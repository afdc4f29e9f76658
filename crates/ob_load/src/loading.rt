//! What modules are loaded, or what stands against them first: a text or its form, in the
//! order of reading; then a circle; then their models; then a name or a value that doesn't fit.

ghost use Rattle.std.specs.Prelude.{◌≡◌, ◌≢◌, ◌<◌, ℕ, List, IfErr, IfNone, IfOk, IfSome, IsErrOf, None, Some, length, slice_get};
ghost use Rattle.ob_io.specs.Cause.{HasCause, Rose};
ghost use Rattle.ob_access.specs.Policies.{IsPolicyOver};
ghost use Rattle.ob_definition.specs.Ranking.{rank};
ghost use Rattle.ob_schema.specs.Models.{IsRegistry};
ghost use Rattle.ob_schema.specs.Presets.{IsPreset};
ghost use Rattle.ob_load.specs.Access.{declared_policy};
ghost use Rattle.ob_load.specs.Loading as spec;
ghost use Rattle.ob_load.specs.Loading.{IsFirstFault, IsLoaded};
ghost use Rattle.ob_load.specs.Preset.{declared_preset};
ghost use Rattle.ob_module.specs.Modules.{Module, numbered};
ghost use Rattle.ob_load.specs.Rooms.{IsOfText, Refuses, Tells, ToldAbsent};
ghost use Rattle.ob_module.specs.Rooms.{modules_in};
ghost use Rattle.ob_load.specs.RowFaults.{modules_fault};
ghost use Rattle.ob_load.specs.Texts.{AgreesWith, FileTexts, text_in};
ghost use Rattle.ob_load.specs.declared.fault.FaultyModule.{FaultyModule};

use crate::dependencies::{first_cyclic, in_order};
use crate::fault::{LoadFault, ModuleFault};
use crate::policy::meaning_of;
use crate::reading::{read_modules, refused, refused_at};
use ob_access::Policy;
use ob_base::{NoMemory, PathStep, Place, Sequence, Word};
use ob_io::Files;
use ob_module::{Modules, add_models, listed_at};
use ob_registry::build_schema;
use ob_schema::{ModelDef, Preset, Schema, SchemaFault};
use std::alloc::Global;

/// What modules mean.
#[derive(Drop)]
pub struct Loaded {
    /// The registry of all their models.
    pub schema: Schema,
    /// The policy of their groups, access lines and rules over that registry.
    pub policy: Policy,
    /// The rows that a new store gets: those of their groups, then those of their tables `row`.
    pub preset: Preset,
}

/// Loads the modules of these names: `base` and `stock` first, which stand inside the
/// program, then these, whose texts are the files `FOLDER/NAME.toml`; each with those on
/// which it depends. Each text is read once. What stands against them first is told: a
/// text or its form, in the order of reading; then the first module in this order that
/// depends on itself; then the first fault of all models, in the order in which modules are
/// taken, each after those on which it depends; then, in this order of modules, the first name
/// or value of their fields, groups, access lines, rules and rows that doesn't fit.
pub fn load<F: Files>(
    alloc: Global,
    files: &mut F,
    folder: &str,
    names: &[Word],
) -> Result<Loaded, LoadFault>
    // The meaning of the texts, or their first fault. Where the files tell what they hold, these
    // are the texts; where they don't, each name has one text.
    ensures loaded { IfOk result (λ loaded. (texts : FileTexts) × AgreesWith (F.texts files.old) texts
        × IsLoaded (text_in texts folder.now) names.now loaded.schema loaded.policy loaded.preset.rows) }
    ensures fault { (faulty : FaultyModule) → IsErrOf result (LoadFault.Module faulty)
        → (texts : FileTexts) × AgreesWith (F.texts files.old) texts
        × IsFirstFault (text_in texts folder.now) names.now faulty }

    // Whatever files tell: the registry is sound, the policy and the preset are over it, `File`
    // comes only where their count rose, and so does `Absent` where they don't tell.
    ensures sound { IfOk result (λ loaded. IsRegistry loaded.schema) }
    ensures over { IfOk result (λ loaded. IsPolicyOver loaded.schema loaded.policy) }
    ensures preset { IfOk result (λ loaded. IsPreset loaded.schema loaded.preset.rows) }
    ensures cause { HasCause (F.faults files.old) (F.faults files.new)
        (IsErrOf result LoadFault.File) }
    ensures absent { IfErr result
        (ToldAbsent (F.texts files.old) (Rose (F.faults files.old) (F.faults files.new))) }
    ensures same { F.texts files.new ≡ F.texts files.old }
{
    let modules = read_modules(alloc, files, folder, names)?;
    if let Some(number) = first_cyclic(alloc, &modules)? {
        return Err(refused(alloc, modules.name(number), ModuleFault::Cycle));
    }
    let taken = in_order(alloc, &modules, names)?;
    let models = all_models(alloc, &modules, &taken)?;
    match build_schema(alloc, models.as_slice()) {
        Ok(schema) => with_meaning(alloc, schema, &modules, &taken),
        Err(SchemaFault::NoMemory) => Err(LoadFault::NoMemory),
        Err(fault) => Err(models_fault(alloc, &modules, &taken, fault)),
    }
}

/// The registry of modules, with the policy that they declare over it and the rows that they
/// bring.
fn with_meaning(
    alloc: Global,
    schema: Schema,
    modules: &Modules,
    taken: &[usize],
) -> Result<Loaded, LoadFault>
    requires { (all : List Module) × numbered (modules_in modules.now) taken.now all }
    ensures same { IfOk result (λ loaded. loaded.schema ≡ schema) }
    ensures fits { IfOk result (λ _. (all : List Module) → numbered (modules_in modules.now) taken.now all → modules_fault schema all ≡ None) }
    ensures declared { IfOk result (λ loaded. (all : List Module) → numbered (modules_in modules.now) taken.now all → loaded.policy ≡ declared_policy schema all) }
    ensures brought { IfOk result (λ loaded. (all : List Module) → numbered (modules_in modules.now) taken.now all → loaded.preset.rows ≡ declared_preset schema all) }
    ensures over { IfOk result (λ loaded. IsPolicyOver loaded.schema loaded.policy) }
    ensures preset { IfOk result (λ loaded. IsPreset loaded.schema loaded.preset.rows) }
    ensures fault { (all : List Module) → numbered (modules_in modules.now) taken.now all → Tells result (modules_fault schema all) }
    ensures read { IfErr result IsOfText }
{
    let (policy, preset) = meaning_of(alloc, &schema, modules, taken)?;
    Ok(Loaded {
        schema,
        policy,
        preset,
    })
}

/// The models of modules, one after another.
fn all_models(
    alloc: Global,
    modules: &Modules,
    taken: &[usize],
) -> Result<Sequence<ModelDef>, NoMemory>
    requires { (all : List Module) × numbered (modules_in modules.now) taken.now all }
    ensures { IfOk result (λ models. (all : List Module) → numbered (modules_in modules.now) taken.now all
        → models ≡ spec.all_models all) }
{
    let mut models = Sequence::new(alloc);
    for number in taken {
        add_models(alloc, modules.document(*number), &mut models)?;
    }
    Ok(models)
}

/// The refusal of a fault of all models, told in the module that has its entry.
fn models_fault(alloc: Global, modules: &Modules, taken: &[usize], fault: SchemaFault) -> LoadFault
    requires { (all : List Module) × numbered (modules_in modules.now) taken.now all
        × ((rank fault).entry < length (spec.all_models all)) }
    ensures told { (all : List Module) (owner : Module) (entry : ℕ) → numbered (modules_in modules.now) taken.now all
        → spec.owner_of all (rank fault).entry ≡ Some (owner, entry)
        → Refuses (record { name = owner.name; place = spec.model_place entry (rank fault).field; fault = ModuleFault.Schema fault }) result }
    ensures not_files { result ≢ LoadFault.File }
{
    let Some(spot) = fault.spot() else {
        return LoadFault::NoMemory;
    };
    let Some((number, entry)) = owner_of(modules, taken, spot.entry) else {
        // Each entry is one of a module.
        unreachable!();
    };
    match model_place(alloc, entry, spot.field.as_str()) {
        Ok(place) => refused_at(
            alloc,
            modules.name(number),
            place,
            ModuleFault::Schema(fault),
        ),
        Err(NoMemory) => LoadFault::NoMemory,
    }
}

/// The module of an entry among all models, and the entry's number in it.
fn owner_of(modules: &Modules, taken: &[usize], entry: u32) -> Option<(usize, usize)>
    requires { (all : List Module) × numbered (modules_in modules.now) taken.now all }
    ensures some { IfSome result (λ p. (all : List Module) → numbered (modules_in modules.now) taken.now all
        → (m : Module) × (slice_get (modules_in modules.now) p.0 ≡ Some m) × (spec.owner_of all entry ≡ Some (m, p.1))) }
    ensures none { IfNone result ((all : List Module) → numbered (modules_in modules.now) taken.now all → spec.owner_of all entry ≡ None) }
{
    let mut left = entry as usize;
    for number in taken {
        let count = listed_at(modules.document(*number), "model").len();
        if left < count {
            return Some((*number, left));
        }
        left -= count;
    }
    None
}

/// The place of a field of a model in its module; without a field that of the model.
fn model_place(alloc: Global, number: usize, field: &str) -> Result<Place, NoMemory>
    ensures { IfOk result (λ place. place ≡ spec.model_place number field.now) }
{
    let mut place = Place::whole(alloc);
    place.push_key(alloc, "model")?;
    place.push(PathStep::Item(number as u64))?;
    if !field.is_empty() {
        place.push_key(alloc, "field")?;
        place.push_key(alloc, field)?;
    }
    Ok(place)
}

--

• EXERCISE: From the records above, transcribe exactly the run of lines that opens with the line holding "of a module." and closes with the line holding "IfSome result (λ", both included.

• TASK RESULT:
        // Each entry is one of a module.
        unreachable!();
    };
    match model_place(alloc, entry, spot.field.as_str()) {
        Ok(place) => refused_at(
            alloc,
            modules.name(number),
            place,
            ModuleFault::Schema(fault),
        ),
        Err(NoMemory) => LoadFault::NoMemory,
    }
}

/// The module of an entry among all models, and the entry's number in it.
fn owner_of(modules: &Modules, taken: &[usize], entry: u32) -> Option<(usize, usize)>
    requires { (all : List Module) × numbered (modules_in modules.now) taken.now all }
    ensures some { IfSome result (λ p. (all : List Module) → numbered (modules_in modules.now) taken.now all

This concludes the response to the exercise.